2. Employee acknowledges that the Company has specifically advised him of the right to seek the advice of an attorney concerning the terms and conditions of this Release. Employee further acknowledges that he has been furnished with a copy of this Release, and he has been afforded twenty-one (21) calendar days in which to consider the terms and conditions set forth above prior to this Release. By executing this Release, Employee affirmatively states that he has had sufficient and reasonable time to review this Release and to consult with an attorney concerning his legal rights prior to the final execution of this Release. Employee further agrees that he has carefully read this Release and fully understands its terms. Employee acknowledges that he has entered into this Release, knowingly, freely and voluntarily. Employee understands that he may revoke this Release within seven (7) calendar days after signing this Release. Revocation of this Release must be made in writing and must be received by [insert name] at the Company, [insert address], within the time period set forth above.
3. This Release will be governed by and construed in accordance with the laws of the State of [insert State], without giving effect to any choice of law or conflicting provision or rule (whether of the State of [insert State] or any other jurisdiction) that would cause the laws of any jurisdiction other than the State of [insert State] to be applied. In furtherance of the foregoing, the internal law of the State of [insert State] will control the interpretation and construction of this agreement, even if under such jurisdiction’s choice of law or conflict of law analysis, the substantive law of some other jurisdiction would ordinarily apply. The provisions of this Release are severable, and if any part or portion of it is found to be unenforceable, the other paragraphs shall remain fully valid and enforceable.
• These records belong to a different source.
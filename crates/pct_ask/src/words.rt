ghost use Rattle.std.specs.Prelude.{◌≡◌, map, position};
ghost use Rattle.std.specs.List.{list_all, list_any};
ghost use Rattle.std.specs.Str.{bytes_eq};
ghost use Rattle.pct_ask.specs.Words.{is_word, is_among, is_name, keywords};
ghost use Rattle.pct_ask.specs.Words.{register_word, register_in};
ghost use Rattle.pct_ask.specs.Characters.{is_letter, is_word_byte};

const FIRST_KEYWORDS: [&[u8]; 29] = [
    b"script",
    b"var",
    b"mutex",
    b"cond",
    b"sem",
    b"barrier",
    b"thread",
    b"end",
    b"read",
    b"write",
    b"add",
    b"cas",
    b"lock",
    b"trylock",
    b"unlock",
    b"wait",
    b"signal",
    b"broadcast",
    b"down",
    b"trydown",
    b"up",
    b"arrive",
    b"join",
    b"yield",
    b"assert",
    b"set",
    b"if",
    b"else",
    b"while",
];

const SECOND_KEYWORDS: [&[u8]; 1] = [b"start"];

const THIRD_KEYWORDS: [&[u8]; 7] = [
    b"start",
    b"rwlock",
    b"rdlock",
    b"wrlock",
    b"tryrdlock",
    b"trywrlock",
    b"rwunlock",
];

/// How many registers a thread has.
pub const REGISTER_COUNT: usize = 16;

const REGISTERS: [&[u8]; REGISTER_COUNT] = [
    b"r0", b"r1", b"r2", b"r3", b"r4", b"r5", b"r6", b"r7", b"r8", b"r9", b"r10", b"r11", b"r12",
    b"r13", b"r14", b"r15",
];

/// Whether a word may be a name in a script of a version, from 1.
pub fn is_lawful_name(version: u32, word: &[u8]) -> bool
    ensures { result ≡ is_name version word.now }
{
    is_word(word) && !is_keyword(version, word) && !is_among(word, &REGISTERS)
}

fn is_word(word: &[u8]) -> bool
    ensures { result ≡ is_word word.now }
{
    match word.split_first() {
        None => false,
        Some((first, others)) => is_letter(*first) && are_word_bytes(others) && others.len() <= 31,
    }
}

fn are_word_bytes(bytes: &[u8]) -> bool
    ensures { result ≡ list_all is_word_byte bytes.now }
{
    bytes.iter().all(|b| is_word_byte(*b))
}

/// Whether a word may begin with the byte.
pub fn is_letter(b: u8) -> bool
    ensures { result ≡ is_letter b }
{
    matches!(b, b'a'..=b'z' | b'A'..=b'Z' | b'_')
}

/// Whether a word may go on with the byte.
pub fn is_word_byte(b: u8) -> bool
    ensures { result ≡ is_word_byte b }
{
    is_letter(b) || b.is_ascii_digit()
}

fn is_keyword(version: u32, word: &[u8]) -> bool
    ensures { result ≡ is_among word.now (keywords version) }
{
    if is_among(word, &FIRST_KEYWORDS) {
        return true;
    }
    match version {
        0 | 1 => false,
        2 => is_among(word, &SECOND_KEYWORDS),
        _ => is_among(word, &THIRD_KEYWORDS),
    }
}

/// The word of a register, r0 to r15, and no bytes where there is no such one.
pub fn register_word(register: u32) -> &'static [u8]
    ensures { result.now ≡ register_word register }
{
    REGISTERS.get(register as usize).copied().unwrap_or(b"")
}

/// The register, from 0, that a word is.
pub fn register_of(word: &[u8]) -> Option<u32>
    ensures { result ≡ register_in word.now }
{
    let place = place_among(word, &REGISTERS)?;
    Some(place as u32)
}

fn place_among(word: &[u8], words: &[&[u8]]) -> Option<usize>
    ensures { result ≡ position (λ other. bytes_eq word.now other.now) words.now }
{
    words.iter().position(|other| word == *other)
}

/// Whether a word is one of these.
pub fn is_among(word: &[u8], words: &[&[u8]]) -> bool
    ensures { result ≡ is_among word.now (map (λ other. other.now) words.now) }
{
    holds_word(words, word)
}

fn holds_word(words: &[&[u8]], word: &[u8]) -> bool
    ensures { result ≡ list_any (λ other. bytes_eq word.now other.now) words.now }
{
    words.iter().any(|other| word == *other)
}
4. This Release shall become effective and enforceable on the eighth day following its execution by Employee, provided he does not timely exercise his right of revocation as described above. If Employee fails to sign and deliver this Release or timely revokes this Release, this Release will be without force or effect, and Employee shall not be entitled to any of the amounts or benefits described in Section 3.3 of the Plan.